Костас говорил, но видел, что Арора смотрит сквозь него, будто он был призраком, принадлежал иному миру. Словно она осталась в том занесённом снегом саду.
Поддавшись наваждению, полковник положил ладонь на плечо Зары, опасаясь почувствовать лишь холод.
Плечо было тёплым.
Прикосновение создало иллюзорный мостик между двумя мирами, и взгляд Ароры переместился сперва на руку Костаса, а затем на его лицо.
– Всё кончилось, – повторила она бесцветным голосом.
Костас сглотнул подступивший к горлу ком. Перед ним стояла тень прежней идиллийки. Лишённая жизнерадостности и той жажды действия, что сперва раздражали, а потом очаровали китежца. В ней словно что-то надломилось, перекрыв ток самой жизни.
Первым порывом Рама было сказать, что она нужна своему городу и его жителям, что он тонет в делах и не справится без неё. Привычное дело могло помочь Ароре вернуться к нормальной жизни. Но тут Костас вспомнил, что ближайшим делом будут массовые похороны. Вряд ли это то занятие, что способно вернуть Зару в норму.
– Прости меня, – попросил он тихо. – Я не уберёг город, не уберёг тебя, твою соуль, твоих людей. Это моя вина.
В глубине души Костас надеялся, что она поверит. Иногда людям не хватает малости – найти виноватого. Тогда всё обретает хоть какой-то смысл, и злом кажется не весь мир, а один-единственный человек. И, изгнав виноватого из жизни, многие обретали покой. Полковнику не нравилась идея быть навсегда изгнанным из жизни Ароры, но мысль, что она изгонит из жизни саму себя, ранила его ещё больше.
– Твоя, – согласилась идиллийка, – и всех тех, кто пришёл в наш мир с войной. За что? Что мы вам сделали?
Глядя в её мокрые от слёз глаза, китежец не знал, что ответить. Что они пришли защитить свои планеты от Доминиона? Но в армии Доминиона не было ни одного идиллийца, а жители этой планеты не причинили никому зла. Что он и его дочь пришли мстить за Дорсай? Но идиллийцы не бомбили Дорсай и не устраивали там геноцид. Что Идиллия виновата лишь тем, что, не желая войны, присоединилась к Доминиону? Но идиллийцы просто кормили людей и поставляли им цветные камешки для развлечения.

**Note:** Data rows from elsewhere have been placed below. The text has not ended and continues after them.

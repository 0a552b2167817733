//! Workers that have nothing to do: each is parked until another has something for it.
use std::array;
use std::sync::Wait;
use std::thread::Parker;
use std::time::Duration;
use uas_profile::MAX_CLIENTS;

const MOST_PUMPS: usize = 4;

/// A controller above these is never unparked.
const MOST_CONTROLLERS: usize = 4;

/// A parked worker looks again after so many milliseconds, though nobody unparked it.
const MOST_PARKED: u64 = 1;

/// A worker, by its number among those of its kind.
#[derive(Clone, Copy)]
pub(crate) enum Worker {
    Client(usize),
    Pump(usize),
    Controller(usize),
    Dispatcher,
}

/// A parker for each worker.
#[derive(Drop)]
pub(crate) struct Parkers {
    clients: [Parker; MAX_CLIENTS],
    /// How many clients there are: the parkers behind theirs are nobody's.
    count: usize,
    pumps: [Parker; MOST_PUMPS],
    controllers: [Parker; MOST_CONTROLLERS],
    dispatcher: Parker,
}

impl Parkers {
    /// Parkers for so many clients and the others.
    pub(crate) fn new(clients: usize) -> Parkers {
        Parkers {
            clients: array::from_fn(|_| Parker::new()),
            count: clients,
            pumps: array::from_fn(|_| Parker::new()),
            controllers: array::from_fn(|_| Parker::new()),
            dispatcher: Parker::new(),
        }
    }

    fn of(&self, worker: Worker) -> Option<&Parker> {
        match worker {
            Worker::Client(client) => self.clients.get(client),
            Worker::Pump(pump) => self.pumps.get(pump),
            Worker::Controller(controller) => self.controllers.get(controller),
            Worker::Dispatcher => Some(&self.dispatcher),
        }
    }

    /// Parks the caller until the worker is unparked, or for a moment.
    pub(crate) fn park<R: Wait>(&self, rt: &R, worker: Worker) {
        let own = Parker::new();
        let parker = self.of(worker).unwrap_or(&own);
        parker.park_timeout(rt, Duration::from_millis(MOST_PARKED));
    }

    pub(crate) fn unpark_client(&self, client: usize) {
        if let Some(parker) = self.clients.get(client) {
            parker.unpark();
        }
    }

    pub(crate) fn unpark_pump(&self, pump: usize) {
        if let Some(parker) = self.pumps.get(pump) {
            parker.unpark();
        }
    }

    pub(crate) fn unpark_clients(&self) {
        for parker in self.clients.iter().take(self.count) {
            parker.unpark();
        }
    }

    /// Unparks the clients that have a reply.
    pub(crate) fn unpark_replied(&self, replied: &[bool; MAX_CLIENTS]) {
        for (parker, has_reply) in self.clients.iter().zip(replied).take(self.count) {
            if *has_reply {
                parker.unpark();
            }
        }
    }

    pub(crate) fn unpark_pumps(&self) {
        for parker in &self.pumps {
            parker.unpark();
        }
    }

    pub(crate) fn unpark_controllers(&self) {
        for parker in &self.controllers {
            parker.unpark();
        }
    }

    pub(crate) fn unpark_dispatcher(&self) {
        self.dispatcher.unpark();
    }

    pub(crate) fn unpark_all(&self) {
        self.unpark_clients();
        self.unpark_pumps();
        self.unpark_controllers();
        self.unpark_dispatcher();
    }
}
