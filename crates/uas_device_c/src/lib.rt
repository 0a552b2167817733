//! The library for C, its part that needs no driver: codecs, the device and the controller as a static archive.
//!
//! | File | Exports |
//! |---|---|
//! | trb.rt | `uas_trb_encode`, `uas_trb_decode` (xHCI 1.2, 6.4) |
//! | unit.rt | `uas_unit_read`, `uas_unit_write` (INCITS 471, information units) |
//! | scsi.rt | `uas_cdb_parse`, `uas_cdb_write`, `uas_sense_data`, `uas_inquiry_data`, `uas_capacity_data`, `uas_long_capacity_data` (SPC and SBC) |
//! | device/handle.rt | `uas_device_new`, `uas_device_open`, `uas_device_call`, `uas_device_close` |
//! | controller/handle.rt | `uas_controller_new`, `uas_controller_open`, `uas_controller_call`, `uas_controller_close` |
//!
//! What is promised: each export does what the crate below it does, and its contract says so again, over records in place of
//! enums and numbers in place of faults (specs/; of TRBs, operations and units in `c_common`). A fault is a number of
//! `c_common::faults`, 0 for none, and a refused call changes nothing. What can be tested of a caller's promises is tested: types, fields and
//! lengths, the kind of a call, its phase, tag and blocks. A call of a handle goes through a *door*, a record with the call's number, its
//! arguments and its answers: `after_call` (specs/DeviceCall.antt) and `controller_answer` (specs/ControllerCall.antt) say what it makes of
//! the device or the controller, of the door and of the bytes, exactly. A received information unit is told with the tags whose tasks it
//! ended (`mask_of`).
//!
//! What a caller upholds stands in the head of include/uas.h; nothing here tests it.
//!
//! It takes memory in `new` and `open` and for each loan to a controller. It stands on `c_common`, `xhci_trb`, `uas_iu`, `scsi_cmd`,
//! `uas_target` and `uas_controller`, by their contracts alone, and needs the C library's memory functions. The library `uas_c` has the
//! driver and the bus; the two are linked together or this one alone.
#![tactic(auto)]

mod controller;
mod device;
mod scsi;
mod trb;
mod unit;
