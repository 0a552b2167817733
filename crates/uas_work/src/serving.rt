//! The part of a pump: it books what its clients posted on the desk, and brings home what it came to.
ghost use Rattle.std.specs.Prelude.{◌≡◌, ℕ, ◌+◌, ◌-◌, ◌*◌, ◌/◌, ◌<◌, ◌≤◌, ◌^◌, IfOk, IfErr, IfSome, IfNone, IsErrAnd, MatchResult, None, Some, false, true, length, slice_index_or};
ghost use Rattle.uas_profile.specs.Tags.{client_of, slot_of};
ghost use Rattle.shared_machine.specs.declared.Step.{Step};
ghost use Rattle.shared_machine.specs.Bus.{HasTicket};
ghost use Rattle.shared_machine.specs.Shared.{due};
ghost use Rattle.tag_desk.specs.Seats.{IsPumpOf, IsServed, IsAway};
ghost use Rattle.uas_work.specs.Booked.{booked_step, turns_in};
ghost use Rattle.uas_work.specs.Held.{AreHeldBy, ServesClient, GaveUp, answered};
ghost use Rattle.uas_work.specs.Pumps.{TookInOrLeft, GaveUpIn, GaveUpWith, Given, Submits, asked, brought, handed_back, passed, passed_at, passing, submitted};

use crate::{Booked, Booking, Held, PreparedStep};
use bus_core::{Outcome, Step};
use scsi_cmd::{Buffer, Reply};
use shared_machine::Refusal;
use std::alloc::Global;
use tag_desk::{Claim, Desk, Slip, WorkSeat};
use uas_profile::{Place, tag_of};

/// Claims the slip that a client posted with its next ticket, and books what it asks for: whether there was one, where each of the
/// client's tags of which no claim is held was looked at. The claim is held until its reply, or finished where the submission is refused. The client's tags are tried by rising index. Where the
/// step can't be booked, nothing is, and every claim is given back unserved, the new one with its buffer.
pub fn pump_in(
    alloc: Global,
    booked: &mut Booked,
    desk: &Desk,
    seat: &mut WorkSeat,
    held: &mut Held,
    client: usize,
) -> Result<bool, Booking>
    requires own { IsPumpOf desk.now seat.old }
    requires held { AreHeldBy desk.now seat.old held.old }
    requires client { ServesClient desk.now seat.old client }
    ensures took { IfOk result (TookInOrLeft desk.now client (turns_in client booked.old.log.steps) booked.old booked.new
        (record { seat = seat.old; held = held.old }) (record { seat = seat.new; held = held.new })) }
    ensures same { IfErr result (λ booking. booked.new ≡ booked.old) }
    ensures gave_up { IfErr result (λ booking. GaveUpIn desk.now client (turns_in client booked.old.log.steps)
        (record { seat = seat.old; held = held.old }) (record { seat = seat.new; held = held.new })) }
    ensures full { length booked.old.log.steps ≡ booked.old.limit → MatchResult result (λ took. took ≡ false) (λ booking. booking ≡ Booking.LogFull) }
    ensures only_full { IfErr result (λ booking. booking ≡ Booking.LogFull → length booked.old.log.steps ≡ booked.old.limit) }
    ensures own { IsPumpOf desk.now seat.new }
    ensures held { AreHeldBy desk.now seat.new held.new }
{
    let ticket = booked.turn(client);
    match claimed(desk, seat, held, client, ticket) {
        Some((claim, slip)) => {
            let step = asked(alloc, client, claim.tag(), ticket, slip);
            submit(alloc, booked, desk, seat, held, claim, step)
        }
        None => Ok(false),
    }
}

/// Takes the oldest reply of a client that is ready, and finishes the claim of its tag and ticket with it, where that is held:
/// whether there was one. Where the step can't be booked, every claim is given back unserved.
pub fn pump_out(
    alloc: Global,
    booked: &mut Booked,
    desk: &Desk,
    seat: &mut WorkSeat,
    held: &mut Held,
    client: usize,
) -> Result<bool, Booking>
    requires own { IsPumpOf desk.now seat.old }
    requires held { AreHeldBy desk.now seat.old held.old }
    requires client { ServesClient desk.now seat.old client }
    ensures took { IfOk result (λ took. took ≡ due booked.old.bus (Step.Take client)) }
    ensures booked { IfOk result (λ took. booked.new ≡ (booked_step booked.old (Step.Take client)).0) }
    ensures answered { IfOk result (λ took. record { seat = seat.new; held = held.new }
        ≡ answered (booked_step booked.old (Step.Take client)).1.reply (record { seat = seat.old; held = held.old })) }
    ensures same { IfErr result (λ booking. booked.new ≡ booked.old) }
    ensures gave_up { IfErr result (λ booking. GaveUp (record { seat = seat.old; held = held.old }) (record { seat = seat.new; held = held.new })) }
    ensures full { length booked.old.log.steps ≡ booked.old.limit → IsErrAnd result (λ booking. booking ≡ Booking.LogFull) }
    ensures only_full { IfErr result (λ booking. booking ≡ Booking.LogFull → length booked.old.log.steps ≡ booked.old.limit) }
    ensures wanting { IfErr result (λ booking. booking ≡ Booking.NoMemory → due booked.old.bus (Step.Take client) ≡ true) }
    ensures own { IsPumpOf desk.now seat.new }
    ensures held { AreHeldBy desk.now seat.new held.new }
{
    match booked.step(alloc, Step::Take(client)) {
        Ok(outcome) => {
            let Outcome { acted, reply, .. } = outcome;
            bring_home(desk, seat, held, reply);
            Ok(acted)
        }
        Err((booking, _step)) => {
            held.give_back(alloc, desk, seat);
            Err(booking)
        }
    }
}

/// Finishes the claim of a reply, where one was taken.
fn bring_home(desk: &Desk, seat: &mut WorkSeat, held: &mut Held, reply: Option<Reply>)
    requires own { IsPumpOf desk.now seat.old }
    requires held { AreHeldBy desk.now seat.old held.old }
    ensures pump { record { seat = seat.new; held = held.new } ≡ answered reply (record { seat = seat.old; held = held.old }) }
    ensures own { IsPumpOf desk.now seat.new }
    ensures held { AreHeldBy desk.now seat.new held.new }
{
    match reply {
        None => {}
        Some(reply) => held.answer(desk, seat, reply),
    }
}

/// The claim of a ticket and its slip, of the first of a client's tags that has it posted and of which no claim is held.
fn claimed(
    desk: &Desk,
    seat: &mut WorkSeat,
    held: &Held,
    client: usize,
    ticket: u64,
) -> Option<(Claim, Slip)>
    requires own { IsPumpOf desk.now seat.old }
    requires held { AreHeldBy desk.now seat.old held.now }
    requires client { ServesClient desk.now seat.old client }
    requires ticket { ticket < 2 ^ 60 }
    ensures none { IfNone result (seat.new ≡ passed desk.now client ticket desk.now.tags (record { seat = seat.old; held = held.now })) }
    ensures own { IsPumpOf desk.now seat.new }
    ensures given { IfSome result (λ given. Given desk.now client ticket given.0 given.1
        (passing desk.now client ticket (slot_of desk.now.tags given.0.tag) (record { seat = seat.old; held = held.now })) seat.new) }
{
    let tags = desk.tags();
    for slot in 0..tags {
        let tag = tag_of(tags, Place { client, slot });
        match claimed_at(desk, seat, held, tag, ticket) {
            Some(given) => return Some(given),
            None => {}
        }
    }
    None
}

/// The claim of a ticket and its slip, where a tag of the client has it posted and no claim of it is held.
fn claimed_at(
    desk: &Desk,
    seat: &mut WorkSeat,
    held: &Held,
    tag: u16,
    ticket: u64,
) -> Option<(Claim, Slip)>
    requires own { IsPumpOf desk.now seat.old }
    requires count { length held.now ≡ desk.now.tags * desk.now.clients }
    requires served { IsServed desk.now seat.old tag }
    requires ticket { ticket < 2 ^ 60 }
    ensures none { IfNone result (seat.new ≡ passed_at tag ticket (slice_index_or held.now (tag - 1) None) seat.old) }
    ensures own { IsPumpOf desk.now seat.new }
    ensures tag { IfSome result (λ given. given.0.tag ≡ tag) }
    ensures given { IfSome result (λ given. Given desk.now (client_of desk.now.tags tag) ticket given.0 given.1 (record { seat = seat.old; held = held.now }) seat.new) }
{
    if !held.is_free(tag) {
        return None;
    }
    let mut claim = desk.claim(seat, tag, ticket)?;
    let Some(slip) = claim.take_slip() else {
        unreachable!()
    };
    Some((claim, slip))
}

/// Books what a claim asks for, whose slip was taken out.
fn submit(
    alloc: Global,
    booked: &mut Booked,
    desk: &Desk,
    seat: &mut WorkSeat,
    held: &mut Held,
    claim: Claim,
    step: PreparedStep,
) -> Result<bool, Booking>
    requires own { IsPumpOf desk.now seat.old }
    requires held { AreHeldBy desk.now seat.old held.old }
    requires desk { claim.table ≡ desk.now.table }
    requires served { IsServed desk.now seat.old claim.tag }
    requires away { IsAway seat.old claim.tag }
    requires free { slice_index_or held.old (claim.tag - 1) None ≡ None }
    requires ticket { HasTicket step }
    ensures took { IfOk result (λ took. took ≡ true) }
    ensures booked { IfOk result (λ took. booked.new ≡ (booked_step booked.old step).0) }
    ensures pump { IfOk result (λ took. record { seat = seat.new; held = held.new }
        ≡ submitted (booked_step booked.old step).1.refused claim (record { seat = seat.old; held = held.old })) }
    ensures same { IfErr result (λ booking. booked.new ≡ booked.old) }
    ensures gave_up { IfErr result (λ booking. GaveUpWith claim (brought step) (record { seat = seat.old; held = held.old }) (record { seat = seat.new; held = held.new })) }
    ensures full { length booked.old.log.steps ≡ booked.old.limit → IsErrAnd result (λ booking. booking ≡ Booking.LogFull) }
    ensures only_full { IfErr result (λ booking. booking ≡ Booking.LogFull → length booked.old.log.steps ≡ booked.old.limit) }
    ensures own { IsPumpOf desk.now seat.new }
    ensures held { AreHeldBy desk.now seat.new held.new }
{
    match booked.step_prepared(alloc, step) {
        Ok(outcome) => {
            let Outcome { refused, .. } = outcome;
            settle(alloc, desk, seat, held, claim, refused);
            Ok(true)
        }
        Err((booking, step)) => {
            let ticket = claim.ticket();
            let buffer = buffer_of(alloc, step);
            desk.finish(seat, claim, Slip::Unserved { ticket, buffer });
            held.give_back(alloc, desk, seat);
            Err(booking)
        }
    }
}

/// Holds the claim of a submission that was accepted, and finishes that of a refused one.
fn settle(
    alloc: Global,
    desk: &Desk,
    seat: &mut WorkSeat,
    held: &mut Held,
    claim: Claim,
    refused: Option<Refusal>,
)
    requires own { IsPumpOf desk.now seat.old }
    requires held { AreHeldBy desk.now seat.old held.old }
    requires desk { claim.table ≡ desk.now.table }
    requires served { IsServed desk.now seat.old claim.tag }
    requires away { IsAway seat.old claim.tag }
    requires free { slice_index_or held.old (claim.tag - 1) None ≡ None }
    ensures pump { record { seat = seat.new; held = held.new } ≡ submitted refused claim (record { seat = seat.old; held = held.old }) }
    ensures own { IsPumpOf desk.now seat.new }
    ensures held { AreHeldBy desk.now seat.new held.new }
{
    match refused {
        None => held.put(claim),
        Some(refusal) => {
            let ticket = claim.ticket();
            desk.finish(seat, claim, refused_slip(alloc, ticket, refusal));
        }
    }
}

/// The step that a client's slip on a tag asks for. Asks for a slip that a client posts with the ticket.
fn asked(alloc: Global, client: usize, tag: u16, ticket: u64, slip: Slip) -> PreparedStep
    requires ask { Submits ticket slip }
    requires ticket { ticket < 2 ^ 60 }
    ensures step { result ≡ asked client tag slip }
    ensures ticket { HasTicket result }
{
    match slip {
        Slip::Ask { command, .. } => PreparedStep::submit(client, tag, ticket, command),
        Slip::AskTask { task, .. } => PreparedStep::task(alloc, client, ticket, task),
        _other => unreachable!(),
    }
}

/// The end of a refused submission: its fault, and the buffer that was handed back.
fn refused_slip(alloc: Global, ticket: u64, refusal: Refusal) -> Slip
    ensures { result ≡ Slip.Refused ticket refusal.fault (handed_back refusal) }
{
    let Refusal { fault, command } = refusal;
    let buffer = match command {
        Some(command) => command.buffer,
        None => Buffer::empty(alloc),
    };
    Slip::Refused {
        ticket,
        fault,
        buffer,
    }
}

/// The buffer that a submission brought.
fn buffer_of(alloc: Global, step: Step) -> Buffer
    ensures { result ≡ brought step }
{
    match step {
        Step::Submit { command, .. } => command.buffer,
        _other => Buffer::empty(alloc),
    }
}
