//! The part of whoever holds the lock: all that is due of those who have no client.
//!
//! A sweep walks: the command pipe while it has units, a chunk of each busy tag, the status of each, by rising tag, and the events. At a
//! walk's end it takes the first step of all that is left, as `control` and `dispatch` find it, and walks again; there it ends where none is.
ghost use Rattle.std.specs.Prelude.{◌≡◌, ◌≤◌, ◌<◌, true, IfSome, IfOk, IfErr, MatchResult, length};
ghost use Rattle.shared_machine.specs.declared.Step.{Step};
ghost use Rattle.shared_machine.specs.Shared.{due};
ghost use Rattle.uas_work.specs.Control.{IsTag};
ghost use Rattle.uas_work.specs.Sweep.{AreAllLeft, BookedOrLeft, IsOpen, IsSwept, WasSwept};

use crate::pumps::{book, is_open};
use crate::{Booked, Booking, Gate, control, dispatch};
use bus_core::{Bus, Step};
use std::alloc::Global;
use uas_profile::STREAMS;

/// Where a walk stands: what comes before it isn't tried again in this walk.
#[derive(Clone, Copy)]
enum Walk {
    /// At the command pipe.
    Pipe,
    /// At the data of the tags above this one.
    Data(u16),
    /// At the status of the tags above this one.
    Status(u16),
    /// At the events.
    Events,
}

/// Books the steps of those who have no client that are due and allowed, one after the other, at most so many: how many. With fewer none
/// of them is due and allowed any more. Where a step can't be booked, those before it are.
pub fn sweep<G: Gate>(
    alloc: Global,
    booked: &mut Booked,
    gate: &G,
    most: u32,
) -> Result<u32, Booking>
    ensures swept { IfOk result (λ taken. IsSwept (G.says gate.now) booked.old taken booked.new) }
    ensures most { IfOk result (λ taken. taken ≤ most) }
    ensures left { IfOk result (λ taken. taken < most → AreAllLeft (G.says gate.now) booked.new) }
    ensures some { IfErr result (λ booking. WasSwept (G.says gate.now) booked.old booked.new) }
    ensures only_full { IfErr result (λ booking. booking ≡ Booking.LogFull → length booked.new.log.steps ≡ booked.new.limit) }
{
    let mut taken = 0;
    let mut walk = Walk::Pipe;
    while taken < most {
        if !swept_next(alloc, booked, gate, &mut walk)? {
            break;
        }
        taken += 1;
    }
    Ok(taken)
}

/// Books the next step of a walk that is due and allowed, at its end the first of all that is: whether one was. An error changes nothing.
fn swept_next<G: Gate>(
    alloc: Global,
    booked: &mut Booked,
    gate: &G,
    walk: &mut Walk,
) -> Result<bool, Booking>
    ensures one { MatchResult result (BookedOrLeft (G.says gate.now) booked.old booked.new) (λ booking. booked.new ≡ booked.old) }
    ensures only_full { IfErr result (λ booking. booking ≡ Booking.LogFull → length booked.old.log.steps ≡ booked.old.limit) }
{
    match walk.next(booked.bus(), gate) {
        Some(step) => book(alloc, booked, step),
        None => swept_one(alloc, booked, gate),
    }
}

/// Books the first step of the controller's that is due and allowed, else the dispatcher's: whether one was. An error changes nothing.
fn swept_one<G: Gate>(alloc: Global, booked: &mut Booked, gate: &G) -> Result<bool, Booking>
    ensures one { MatchResult result (BookedOrLeft (G.says gate.now) booked.old booked.new) (λ booking. booked.new ≡ booked.old) }
    ensures only_full { IfErr result (λ booking. booking ≡ Booking.LogFull → length booked.old.log.steps ≡ booked.old.limit) }
{
    if control(alloc, booked, gate)? {
        return Ok(true);
    }
    dispatch(alloc, booked, gate)
}

impl Walk {
    /// The next step of the walk that is due and allowed. None at its end, behind which it begins anew.
    fn next<G: Gate>(&mut self, bus: &Bus, gate: &G) -> Option<Step>
        ensures { IfSome result (IsOpen (G.says gate.now) bus.now) }
    {
        if let Walk::Pipe = *self {
            if is_open(bus, gate, &Step::CommandPipe) {
                return Some(Step::CommandPipe);
            }
            *self = Walk::Data(0);
        }
        if let Walk::Data(tag) = *self {
            if let Some(next) = open_data(bus, gate, tag) {
                *self = Walk::Data(next);
                return Some(Step::Data(next));
            }
            *self = Walk::Status(0);
        }
        if let Walk::Status(tag) = *self {
            if let Some(next) = open_status(bus, gate, tag) {
                *self = Walk::Status(next);
                return Some(Step::Status(next));
            }
            *self = Walk::Events;
        }
        if is_open(bus, gate, &Step::Event) {
            return Some(Step::Event);
        }
        *self = Walk::Pipe;
        None
    }
}

/// A tag above this one whose data is due and allowed.
fn open_data<G: Gate>(bus: &Bus, gate: &G, tag: u16) -> Option<u16>
    ensures tag { IfSome result (λ tag. IsTag bus.now tag) }
    ensures due { IfSome result (λ tag. due bus.now (Step.Data tag) ≡ true) }
    ensures allowed { IfSome result (λ tag. G.says gate.now (Step.Data tag) true) }
{
    let mut tag = tag;
    for _ in 0..STREAMS {
        let next = bus.next_busy(tag)?;
        if is_open(bus, gate, &Step::Data(next)) {
            return Some(next);
        }
        tag = next;
    }
    None
}

/// A tag above this one whose status is due and allowed.
fn open_status<G: Gate>(bus: &Bus, gate: &G, tag: u16) -> Option<u16>
    ensures tag { IfSome result (λ tag. IsTag bus.now tag) }
    ensures due { IfSome result (λ tag. due bus.now (Step.Status tag) ≡ true) }
    ensures allowed { IfSome result (λ tag. G.says gate.now (Step.Status tag) true) }
{
    let mut tag = tag;
    for _ in 0..STREAMS {
        let next = bus.next_busy(tag)?;
        if is_open(bus, gate, &Step::Status(next)) {
            return Some(next);
        }
        tag = next;
    }
    None
}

Идиллия просто оказалась удобной стратегической целью. Холодный расчёт, ничего больше. Наверное, с тем же циничным равнодушием император приказал бомбить мятежный Дорсай, а Консорциум построил станцию для извращенцев и взращивал своих политиков в Союзе.
В чём отличие? Чем они лучше? Чем он, Костас Рам, всегда считавший себя человеком чести, лучше злобного ублюдка, называвшим себя императором Доминиона Земли?
Выходило, что ничем.
– Вы ничего нам не сделали, – хрипло произнёс Костас.
– Так уходите! – резко и неожиданно зло крикнула Зара, сбрасывая руку со своего плеча. – Я не хочу жить в вашем кошмарном мире!
Боли в крике было не меньше, чем в тех, что доносились с площади до камеры Костаса.
Ответить было нечем. Комендант развернулся и вышел из голокуба, оставив за спиной плачущую идиллийку и сад, обречённый на смерть.